Every line from the one with "reply_bytes Big opcode" through the end of the material should be written out character for character. Lines before it are excluded.

(Beginning of DATA FOR THE TASK)

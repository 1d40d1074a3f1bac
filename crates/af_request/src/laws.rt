//! Laws of requests and replies, each the contract of a function that does nothing.
ghost use Rattle.std.specs.Prelude.{◌≡◌, ◌++◌, ◌*◌, ℕ, List, length};
ghost use Rattle.af_wire.specs.declared.order.Order.{Order};
ghost use Rattle.af_wire.specs.Front.{frame_front};
ghost use Rattle.af_wire.specs.declared.front.Front.TheVariants.{Frame};
ghost use Rattle.af_request.specs.Asked.{Asked};
ghost use Rattle.af_request.specs.Opcodes as opcodes;
ghost use Rattle.af_request.specs.Requests.{asked_in, request_bytes, IsWritable};
ghost use Rattle.af_request.specs.declared.reply.DeviceInfo.{DeviceInfo};
ghost use Rattle.af_request.specs.Answer.{Answer, setup};
ghost use Rattle.af_request.specs.Replies.{answer_in, body_bytes, body_words, reply_bytes, IsReplyTo};
ghost use Rattle.af_wire.specs.declared.order.Order.TheVariants.{Big};
ghost use Rattle.af_request.specs.big as big;

use crate::opcode::{
    CHANGE_AC, CREATE_AC, FREE_AC, GET_TIME, HOOK_SWITCH, NO_OP, PLAY, QUERY_CONTROLS, QUERY_PHONE,
    RECORD, SELECT_EVENTS, SET_CONTROLS, SETUP,
};

/// The opcodes that the code reads and writes are those of the definitions.
pub fn opcodes_are_as_defined()
    ensures setup { SETUP ≡ opcodes.setup }
    ensures no_op { NO_OP ≡ opcodes.no_op }
    ensures get_time { GET_TIME ≡ opcodes.get_time }
    ensures create_ac { CREATE_AC ≡ opcodes.create_ac }
    ensures change_ac { CHANGE_AC ≡ opcodes.change_ac }
    ensures free_ac { FREE_AC ≡ opcodes.free_ac }
    ensures play { PLAY ≡ opcodes.play }
    ensures record { RECORD ≡ opcodes.record }
    ensures select_events { SELECT_EVENTS ≡ opcodes.select_events }
    ensures set_controls { SET_CONTROLS ≡ opcodes.set_controls }
    ensures query_controls { QUERY_CONTROLS ≡ opcodes.query_controls }
    ensures hook_switch { HOOK_SWITCH ≡ opcodes.hook_switch }
    ensures query_phone { QUERY_PHONE ≡ opcodes.query_phone }
{}

/// A request that is written is one frame, whatever follows it, and is read again as the same request.
pub fn requests_round_trip()
    ensures again { (order : Order) (a : Asked) → IsWritable a → asked_in order (request_bytes order a) ≡ Some a }
    ensures frame { (order : Order) (a : Asked) (rest : List ℕ) → IsWritable a →
        frame_front order (request_bytes order a ++ rest) ≡ Frame (length (request_bytes order a)) }
{}

/// A reply that is written has a body of the length that its header states, which is read again as the same reply. The devices
/// that the reply to a setup is read as are such as it may state.
pub fn replies_round_trip()
    ensures again { (order : Order) (opcode : ℕ) (a : Answer) → IsReplyTo opcode a →
        answer_in order opcode (body_bytes order a) ≡ Some a }
    ensures words { (order : Order) (a : Answer) → length (body_bytes order a) ≡ 4 * body_words a }
    ensures stated { (order : Order) (body : List ℕ) (devices : List DeviceInfo) →
        answer_in order opcodes.setup body ≡ Some (setup devices) → IsReplyTo opcodes.setup (setup devices) }
{}

/// What requests and replies were before a client chose its order, they are in Big: frames ask, bodies answer, and both are
/// spelled as they were.
pub fn big_is_as_before()
    ensures asks { (frame : List ℕ) → asked_in Big frame ≡ big.asked_in frame }
    ensures requests { (a : Asked) → request_bytes Big a ≡ big.request_bytes a }
    ensures answers { (opcode : ℕ) (body : List ℕ) → answer_in Big opcode body ≡ big.answer_in opcode body }
    ensures replies { (opcode : ℕ) (a : Answer) (sequence : ℕ) →
        reply_bytes Big opcode a sequence ≡ big.reply_bytes opcode a sequence }
{}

(End of DATA FOR THE TASK)

EXERCISE SOLUTION.
        reply_bytes Big opcode a sequence ≡ big.reply_bytes opcode a sequence }
{}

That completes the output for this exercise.